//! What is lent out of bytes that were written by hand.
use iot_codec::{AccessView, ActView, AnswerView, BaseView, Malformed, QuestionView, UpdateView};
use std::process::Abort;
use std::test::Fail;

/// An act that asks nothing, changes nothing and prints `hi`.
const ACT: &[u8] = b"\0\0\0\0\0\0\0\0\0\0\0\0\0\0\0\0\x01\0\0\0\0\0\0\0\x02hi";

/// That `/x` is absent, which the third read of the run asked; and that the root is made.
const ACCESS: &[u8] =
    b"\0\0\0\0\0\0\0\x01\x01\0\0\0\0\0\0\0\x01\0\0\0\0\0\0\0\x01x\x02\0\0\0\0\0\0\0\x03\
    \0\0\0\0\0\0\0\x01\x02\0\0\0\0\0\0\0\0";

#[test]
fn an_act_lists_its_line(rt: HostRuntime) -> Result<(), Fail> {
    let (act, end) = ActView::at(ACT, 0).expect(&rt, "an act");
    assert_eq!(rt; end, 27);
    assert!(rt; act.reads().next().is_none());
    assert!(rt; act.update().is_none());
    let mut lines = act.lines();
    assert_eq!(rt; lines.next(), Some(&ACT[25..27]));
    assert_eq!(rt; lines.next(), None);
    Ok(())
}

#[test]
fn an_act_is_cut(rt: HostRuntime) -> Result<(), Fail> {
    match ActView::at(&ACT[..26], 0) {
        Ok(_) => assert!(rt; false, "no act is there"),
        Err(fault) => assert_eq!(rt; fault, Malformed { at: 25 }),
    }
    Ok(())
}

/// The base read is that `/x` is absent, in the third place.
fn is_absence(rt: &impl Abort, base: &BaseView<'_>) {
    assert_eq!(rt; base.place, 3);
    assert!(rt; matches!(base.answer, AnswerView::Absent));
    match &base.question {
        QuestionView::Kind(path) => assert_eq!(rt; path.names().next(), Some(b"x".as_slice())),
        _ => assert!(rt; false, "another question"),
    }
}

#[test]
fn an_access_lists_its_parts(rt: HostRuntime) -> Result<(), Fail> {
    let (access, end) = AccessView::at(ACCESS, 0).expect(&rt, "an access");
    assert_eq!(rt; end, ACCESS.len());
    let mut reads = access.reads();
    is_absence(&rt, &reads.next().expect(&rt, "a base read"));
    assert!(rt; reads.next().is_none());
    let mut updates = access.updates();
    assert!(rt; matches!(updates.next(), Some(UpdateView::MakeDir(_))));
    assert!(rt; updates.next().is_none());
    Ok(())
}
§
▸ **Problem statement**
Return the listing above word for word.

▸ **Answer to the problem**
//! What is lent out of bytes that were written by hand.
use iot_codec::{AccessView, ActView, AnswerView, BaseView, Malformed, QuestionView, UpdateView};
use std::process::Abort;
use std::test::Fail;

/// An act that asks nothing, changes nothing and prints `hi`.
const ACT: &[u8] = b"\0\0\0\0\0\0\0\0\0\0\0\0\0\0\0\0\x01\0\0\0\0\0\0\0\x02hi";

/// That `/x` is absent, which the third read of the run asked; and that the root is made.
const ACCESS: &[u8] =
    b"\0\0\0\0\0\0\0\x01\x01\0\0\0\0\0\0\0\x01\0\0\0\0\0\0\0\x01x\x02\0\0\0\0\0\0\0\x03\
    \0\0\0\0\0\0\0\x01\x02\0\0\0\0\0\0\0\0";

#[test]
fn an_act_lists_its_line(rt: HostRuntime) -> Result<(), Fail> {
    let (act, end) = ActView::at(ACT, 0).expect(&rt, "an act");
    assert_eq!(rt; end, 27);
    assert!(rt; act.reads().next().is_none());
    assert!(rt; act.update().is_none());
    let mut lines = act.lines();
    assert_eq!(rt; lines.next(), Some(&ACT[25..27]));
    assert_eq!(rt; lines.next(), None);
    Ok(())
}

#[test]
fn an_act_is_cut(rt: HostRuntime) -> Result<(), Fail> {
    match ActView::at(&ACT[..26], 0) {
        Ok(_) => assert!(rt; false, "no act is there"),
        Err(fault) => assert_eq!(rt; fault, Malformed { at: 25 }),
    }
    Ok(())
}

/// The base read is that `/x` is absent, in the third place.
fn is_absence(rt: &impl Abort, base: &BaseView<'_>) {
    assert_eq!(rt; base.place, 3);
    assert!(rt; matches!(base.answer, AnswerView::Absent));
    match &base.question {
        QuestionView::Kind(path) => assert_eq!(rt; path.names().next(), Some(b"x".as_slice())),
        _ => assert!(rt; false, "another question"),
    }
}

#[test]
fn an_access_lists_its_parts(rt: HostRuntime) -> Result<(), Fail> {
    let (access, end) = AccessView::at(ACCESS, 0).expect(&rt, "an access");
    assert_eq!(rt; end, ACCESS.len());
    let mut reads = access.reads();
    is_absence(&rt, &reads.next().expect(&rt, "a base read"));
    assert!(rt; reads.next().is_none());
    let mut updates = access.updates();
    assert!(rt; matches!(updates.next(), Some(UpdateView::MakeDir(_))));
    assert!(rt; updates.next().is_none());
    Ok(())
}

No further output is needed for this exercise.